USAGE = "Usage: %s [-h] [-m<crc|md5>] <dir>*"


class crc:
    """
    Wraps up zlib.crc32 to make it suitable for use as a faster but less
    accurate alternative to the hashlib.* classes.
    """
    def __init__(self, initial=None):
        self.crc = 0
        if initial is not None:
            self.update(initial)
    def update(self, block):
        import zlib
        self.crc = zlib.crc32(block, self.crc)
    def hexdigest(self):
        return "%X" % self.crc
    def digest(self):
        # Er...
        return self.crc


def all_files(*tops):
    """Lists all files in the given directories."""
    for top in tops:
        for dirname, _, filenames in os.walk(top):
            for f in filenames:
                path = os.path.join(dirname, f)
                if os.path.isfile(path):
                    yield path


def digest(file, method=hashlib.md5):
    with open(file) as f:
        h = method(f.read()).digest()
    return h


def true_duplicates(files):
    """
    Compare the given files, breaking them down into groups with identical
    content.
    """
    while len(files) > 1:
        next_set = []
        this_set = []
        master = files[0]
        this_set.append(master)
        for other in files[1:]:
            if filecmp.cmp(master, other, False):
                this_set.append(other)
            else:
                next_set.append(other)
        if len(this_set) > 1:
            yield this_set
        files = next_set


def group_by(groups, grouper, min_size=1):
    """Breaks each of the groups into smaller subgroups."""
    for group in groups:
        subgroups = {}
        for item in group:
            g = grouper(item)
            if not subgroups.has_key(g):
                subgroups[g] = []
            subgroups[g].append(item)
        for g in subgroups.itervalues():
            if len(g) >= min_size:
                yield g


def usage(message=None):
    global USAGE
    fh = sys.stdout
    exit_code = 0
    if message:
        fh = sys.stderr
        exit_code = 2
        print >>fh, str(message)
    name = os.path.basename(sys.argv[0])
    print >>fh, USAGE % (name,)
    sys.exit(exit_code)


def main():
    try:
        opts, paths = getopt.getopt(sys.argv[1:], "hm:")
    except getopt.GetoptError, err:
        usage(err)
    method = crc
    for o, a in opts:
        if o == "-m":
            if a == "crc":
                method = crc
            elif a == "md5":
                method = hashlib.md5
            else:
                usage("Unknown grouping method: %s" % (a,))
        elif o == "-h":
            usage()
        else:
            usage("Unknown option: %s%s" % (o, a))

    if len(paths) == 0:
        paths = ["."]

    first = True
    groups = [all_files(*paths)]
    for grouper in [os.path.getsize, lambda file: digest(file, method)]:
        groups = group_by(groups, grouper, 2)
    for group in groups:
        for files in sorted(true_duplicates(group)):
            if first:
                first = False
            else:
                print
            for file in files:
                print file


if __name__ == "__main__":
    main()

It’s pretty simple, really. It walks the directories listed on the command line, sorting the files it finds into groups of files likely to be similar. The default criterion is to group them based on file size, which is quick and usually a good indicator that the files are the same. If it’s not, such as if you’re dealing with a bunch of RAW images or TARGA files that are all the same size, other criteria can be used, such as the result of a CRC (Adler-32, specifically) ran on the files, or their MD5 hash. CRCs might be useless for hashing, but they’re much quicker than a proper hash, and give a reasonable indication of whether the files are same. After that, each file in the group is explicitly compared for equality to ensure that they really are duplicates, and broken into subgroups. This ensures that you won’t accidentally delete anything that might appear to be a duplicate, but really isn’t.

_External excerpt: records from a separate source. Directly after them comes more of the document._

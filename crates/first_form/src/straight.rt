ghost use Rattle.std.specs.Prelude.{◌≡◌, ◌<◌, [], ◌∷◌, IfOk, length, map, true, false, Some};
ghost use Rattle.c_prog.specs.declared.stmt.Stmt.TheVariants.{Simple};
ghost use Rattle.c_prog.specs.Valid.{IsValid};
ghost use Rattle.first_form.specs.Straight.{with_ops, crossing, inside, behind, main_with, guarded};
ghost use Rattle.first_form.specs.Form.{act_of, acts_of, is_first_form, plains_of};

use crate::plain::{Plain, act_of};
use crate::region::{Region, is_inside};
use c_prog::{FnKind, Function, Global as Variable, Program, Stmt, Tree};
use cfix_base::{List, LockId, NoMemory, Op};
use sqlite_items::Items;
use std::alloc::Global;

/// The list of one item.
fn one<T: Drop>(alloc: Global, item: T) -> Result<List<T>, NoMemory>
    ensures { IfOk result (λ list. list ≡ item ∷ []) }
{
    let mut list = List::new(alloc);
    list.push(item)?;
    Ok(list)
}

/// The operations on the way from one node to the next, by whether each is in the region.
fn crossing(alloc: Global, from: bool, to: bool) -> Result<List<Op>, NoMemory>
    ensures { IfOk result (λ ops. ops ≡ crossing from to) }
{
    match (from, to) {
        (true, false) => one(alloc, Op::Leave(LockId { number: 0 })),
        (false, true) => one(alloc, Op::Enter(LockId { number: 0 })),
        _ => Ok(List::new(alloc)),
    }
}

fn statement(alloc: Global, plain: Plain, from: bool, to: bool) -> Result<Stmt, NoMemory>
    ensures { IfOk result (λ stmt. stmt ≡ Simple (act_of plain) (crossing from to)) }
{
    let after = crossing(alloc, from, to)?;
    Ok(Stmt::Simple {
        act: act_of(plain),
        after,
    })
}

fn body(alloc: Global, plains: &[Plain], region: Option<Region>) -> Result<Items<Stmt>, NoMemory>
    ensures { IfOk result (λ body. body ≡ with_ops (behind region) 0 (acts_of plains.now)) }
{
    let mut body = Items::new(alloc);
    for (node, plain) in plains.iter().enumerate() {
        let from = is_inside(region, node);
        let to = is_inside(region, node + 1);
        body.push(statement(alloc, *plain, from, to)?)?;
    }
    Ok(body)
}

/// The bytes, as a list.
fn bytes(alloc: Global, text: &[u8]) -> Result<List<u8>, NoMemory>
    ensures { IfOk result (λ list. list ≡ text.now) }
{
    Ok(List::from_vec(text.to_vec(alloc)?))
}

fn main_of(alloc: Global, plains: &[Plain], region: Option<Region>) -> Result<Function, NoMemory>
    ensures { IfOk result (λ function. function ≡ main_with (crossing false (inside region 0)) (with_ops (behind region) 0 (acts_of plains.now))) }
{
    let name = bytes(alloc, b"main")?;
    let start = crossing(alloc, false, is_inside(region, 0))?;
    let body = body(alloc, plains, region)?;
    Ok(Function {
        name,
        kind: FnKind::Int,
        params: List::new(alloc),
        start,
        body,
    })
}

/// The program of these globals and statements, with the operations of lock 0 round a region.
fn straight(
    alloc: Global,
    globals: List<Variable>,
    plains: &[Plain],
    region: Option<Region>,
) -> Result<Tree, NoMemory>
    ensures { IfOk result (λ tree. tree ≡ guarded globals (acts_of plains.now) region) }
{
    let main = main_of(alloc, plains, region)?;
    let functions = one(alloc, main)?;
    Ok(Tree {
        globals,
        functions,
        starts: List::new(alloc),
    })
}

fn copy_globals(alloc: Global, globals: &[Variable]) -> Result<List<Variable>, NoMemory>
    ensures { IfOk result (λ copy. copy ≡ globals.now) }
{
    let mut copy = List::new(alloc);
    for global in globals {
        let name = bytes(alloc, global.name.as_slice())?;
        let kind = global.kind;
        copy.push(Variable { name, kind })?;
    }
    Ok(copy)
}

/// A program of the first form, whose statements these are, with the operations of lock 0 round a
/// critical region.
pub fn guarded(
    alloc: Global,
    program: &Program,
    plains: &[Plain],
    region: Region,
) -> Result<Program, NoMemory>
    requires form { is_first_form program.now ≡ true }
    requires statements { plains.now ≡ plains_of program.now }
    ensures { IfOk result (λ patched. patched ≡ guarded program.now.globals (acts_of plains.now) (Some region)) }
{
    let globals = copy_globals(alloc, program.tree().globals.as_slice())?;
    let tree = straight(alloc, globals, plains, Some(region))?;
    Ok(Program::of(tree))
}
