//! The values of reports that `patch` reads and does not use.
use cfix_base::Access;
use report_json::{CallSite, Report, Site, reports};
use std::process::Abort;
use std::test::Fail;

fn check_site(rt: &impl Abort, site: &Site, line: u32, access: Access, nth: u32) {
    assert_eq!(rt; site.line, line);
    assert_eq!(rt; site.var.as_slice(), b"count".as_slice());
    assert_eq!(rt; site.access, access);
    assert_eq!(rt; site.nth, nth);
}

fn check_call(rt: &impl Abort, call: &CallSite, of: &str, line: u32, nth: u32) {
    assert_eq!(rt; call.of.as_slice(), of.as_bytes());
    assert_eq!(rt; (call.line, call.nth), (line, nth));
}

#[test]
fn order_reports(rt: HostRuntime) -> Result<(), Fail> {
    let text = r#"{"reports":[
        {"kind":"all_before","a":{"line":1,"var":"count","access":"write"},
         "b":{"line":4294967295,"var":"count","access":"read","nth":4294967295,
              "stack":[{"fn":"main","line":30},{"line":9,"nth":1,"fn":"caf\u00e9"}]}},
        {"kind":"first_before","a":{"line":2,"var":"count","access":"read"},
         "b":{"line":3,"var":"count","access":"write"}}]}"#;
    let read = reports(rt.alloc(), text.as_bytes())?;
    assert_eq!(rt; read.len(), 2);
    assert_eq!(rt; read.as_slice().len(), 2);
    match read.at(0) {
        Report::AllBefore { a, b } => {
            check_site(&rt, a, 1, Access::Write, 0);
            check_site(&rt, b, 4294967295, Access::Read, 4294967295);
            assert_eq!(rt; a.stack.len(), 0);
            assert_eq!(rt; b.stack.len(), 2);
            check_call(&rt, b.stack.at(0), "main", 30, 0);
            check_call(&rt, b.stack.at(1), "café", 9, 1);
        }
        _ => assert!(rt; false),
    }
    match read.at(1) {
        Report::FirstBefore { a, b } => {
            check_site(&rt, a, 2, Access::Read, 0);
            check_site(&rt, b, 3, Access::Write, 0);
        }
        _ => assert!(rt; false),
    }
    Ok(())
}
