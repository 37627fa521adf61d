//! The values of schedules: a replay tells only those up to the first entry that makes no step.
use cfix_base::{Entry, MAX_SCHEDULE_ENTRIES};
use sched_text::{Schedule, schedule, schedule_text};
use std::test::Fail;

fn entry(thread: u32, timeout: bool) -> Entry {
    Entry { thread, timeout }
}

#[test]
fn schedules_that_read(rt: HostRuntime) {
    let none: &[Entry] = &[];
    for (text, entries) in [
        ("", none),
        ("0\n", &[entry(0, false)]),
        ("0", &[entry(0, false)]),
        ("5!\n", &[entry(5, true)]),
        (
            "0\n10!\n4294967295",
            &[entry(0, false), entry(10, true), entry(4294967295, false)],
        ),
        ("4294967295!", &[entry(4294967295, true)]),
    ] {
        let read = schedule(rt.alloc(), text.as_bytes()).expect(&rt, "a schedule");
        assert_eq!(rt; read.as_slice(), entries, "{text}");
    }
}

#[test]
fn written_schedules(rt: HostRuntime) -> Result<(), Fail> {
    let mut entries = Schedule::new(rt.alloc());
    entries.push(entry(0, false))?;
    entries.push(entry(70, true))?;
    entries.push(entry(4294967295, false))?;
    assert_eq!(rt; entries.len(), 3);
    let text = schedule_text(rt.alloc(), &entries)?;
    assert_eq!(rt; text.as_slice(), b"0\n70!\n4294967295\n".as_slice());
    let read = schedule(rt.alloc(), &text)?;
    assert_eq!(rt; read.as_slice(), entries.as_slice());
    assert_eq!(rt; read.len(), 3);
    assert_eq!(rt; *read.at(1), entry(70, true));
    Ok(())
}

/// The greatest length is read and written.
#[test]
fn a_long_schedule(rt: HostRuntime) -> Result<(), Fail> {
    let mut text = Vec::new(rt.alloc());
    for _ in 0..MAX_SCHEDULE_ENTRIES {
        text.extend_from_slice(b"7\n")?;
    }
    let read = schedule(rt.alloc(), &text)?;
    assert_eq!(rt; read.len(), 1_000_000);
    let written = schedule_text(rt.alloc(), &read)?;
    assert_eq!(rt; written.as_slice(), text.as_slice());
    Ok(())
}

When it’s finds identical files, they’re listed together, one per line, in groups separated by empty lines.

Update (Feb 12th): Got rid of some stupid inefficiencies. I’d forgotten that the read() method on filehandles will read everything if no argument’s provided. This speeds it up somewhat when using the CRC or MD5 methods. For the size-based method, I think I’m going to introduce some extra grouping based on one of the other two methods to avoid needless file comparisons. Oh, and whittle() returns a generator now rather than a list.

Update (Feb 14th): Threat carried out! whittle() has been replaced by a more general method called group_by() which is similar but accepts an iterable of iterables instead of an iterable, and rather than returning a generator, it is a generator. Also, after the initial grouping by size, it groups by CRC, though this can be changed to use MD5 with a switch. Now the initial cheap grouping by size is always done, and the more expensive grouping methods (by hash/checksum, then direct comparison) are done after. This is much faster.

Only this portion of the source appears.